[Mesa-dev] [PATCH] radeonsi: allow unaligned vertex buffer offsets and strides on CIK-VI
Marek Olšák
maraeo at gmail.com
Tue Feb 14 10:58:13 UTC 2017
On Feb 14, 2017 9:06 AM, "Nicolai Hähnle" <nhaehnle at gmail.com> wrote:
On 13.02.2017 18:01, Marek Olšák wrote:
> From: Marek Olšák <marek.olsak at amd.com>
>
> So that we can disable u_vbuf for GL core profiles.
>
> This is a v2 of the previous VI-only patch.

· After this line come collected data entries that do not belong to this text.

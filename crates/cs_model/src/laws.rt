// Laws of the definitions.
ghost use Rattle.std.specs.Prelude.{◌≡◌, ◌<◌, ◌≤ℤ◌, ◌+ℤ◌, ◌*ℤ◌, ◌↔◌, pos, int_div, int_rem, unsigned_abs, List, ℕ, ℤ, IsTrue};
ghost use Rattle.std.specs.BTreeMap.{is_at};
ghost use Rattle.std.specs.Map.{keys_of, lookup};
ghost use Rattle.std.specs.List.Sorted.{IsStrictlySortedBy};
ghost use Rattle.cs_types.specs.declared.Key.{Key};
ghost use Rattle.cs_types.specs.Keys.{key_cmp};
ghost use Rattle.cs_model.specs.Likes.{Like, is_like};
ghost use Rattle.cs_model.specs.Changes.{Change, table, last_change, made};

/// The table of a snapshot is the list by key of each key whose last change numbered at most the snapshot has a row, with
/// that row.
pub fn table_by_last_change()
    ensures ascends { (changes : List Change) (s : ℕ) → IsStrictlySortedBy key_cmp (keys_of (table changes s)) }
    ensures rows { (changes : List Change) (s : ℕ) (key : Key) → lookup (is_at (key_cmp key)) (table changes s) ≡ made (last_change key s changes) }
{}

/// The test, which the truth of LIKE is defined by, tells exactly whether a text is like a pattern.
pub fn like_is_tested()
    ensures { (pattern text : List ℕ) → IsTrue (is_like pattern text) ↔ Like pattern text }
{}

/// The quotient, times the right side, and the remainder make the left side. The remainder is less than the right side in
/// size, and not of the other sign than the left side: so the quotient is cut toward zero.
pub fn quotient_is_cut()
    ensures whole { (a b : ℤ) → int_div a b *ℤ b +ℤ int_rem a b ≡ a }
    ensures small { (a b : ℤ) → 0 < unsigned_abs b → unsigned_abs (int_rem a b) < unsigned_abs b }
    ensures above { (a b : ℤ) → pos 0 ≤ℤ a → pos 0 ≤ℤ int_rem a b }
    ensures below { (a b : ℤ) → a ≤ℤ pos 0 → int_rem a b ≤ℤ pos 0 }
{}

> It requires SH_MEM_CONFIG.ALIGNMENT_MODE = UNALIGNED on CIK-VI.
> ---
> src/gallium/drivers/radeonsi/si_descriptors.c | 1 -
> src/gallium/drivers/radeonsi/si_pipe.c | 12 +++++++++---
> 2 files changed, 9 insertions(+), 4 deletions(-)
>
> diff --git a/src/gallium/drivers/radeonsi/si_descriptors.c
> b/src/gallium/drivers/radeonsi/si_descriptors.c
> index 3c98176..8abbf10 100644
> --- a/src/gallium/drivers/radeonsi/si_descriptors.c
> +++ b/src/gallium/drivers/radeonsi/si_descriptors.c
> @@ -1014,21 +1014,20 @@ bool si_upload_vertex_buffer_descriptors(struct
> si_context *sctx)
> * up so that the hardware sees four components as
> * being inside the buffer if and only if the first
> * three components are in the buffer.
> *
> * Since the offset and stride are guaranteed to be
> * 4-byte aligned, this alignment will never cross
> the
> * winsys buffer boundary.
> */
> size3 = (fix_size3 >> (2 * i)) & 3;
> if (vb->stride && size3) {
> - assert(offset % 4 == 0 && vb->stride % 4
> == 0);
> assert(size3 <= 2);
> desc[2] = align(desc[2], size3 * 2);
>
I think there's still a bug with this. Consider the following setup:
3-element GL_UNSIGNED_BYTE vertex attribute, stride = 3, pointing at an
offset e.g. 12 bytes before the end of a buffer for a total of 4 vertices.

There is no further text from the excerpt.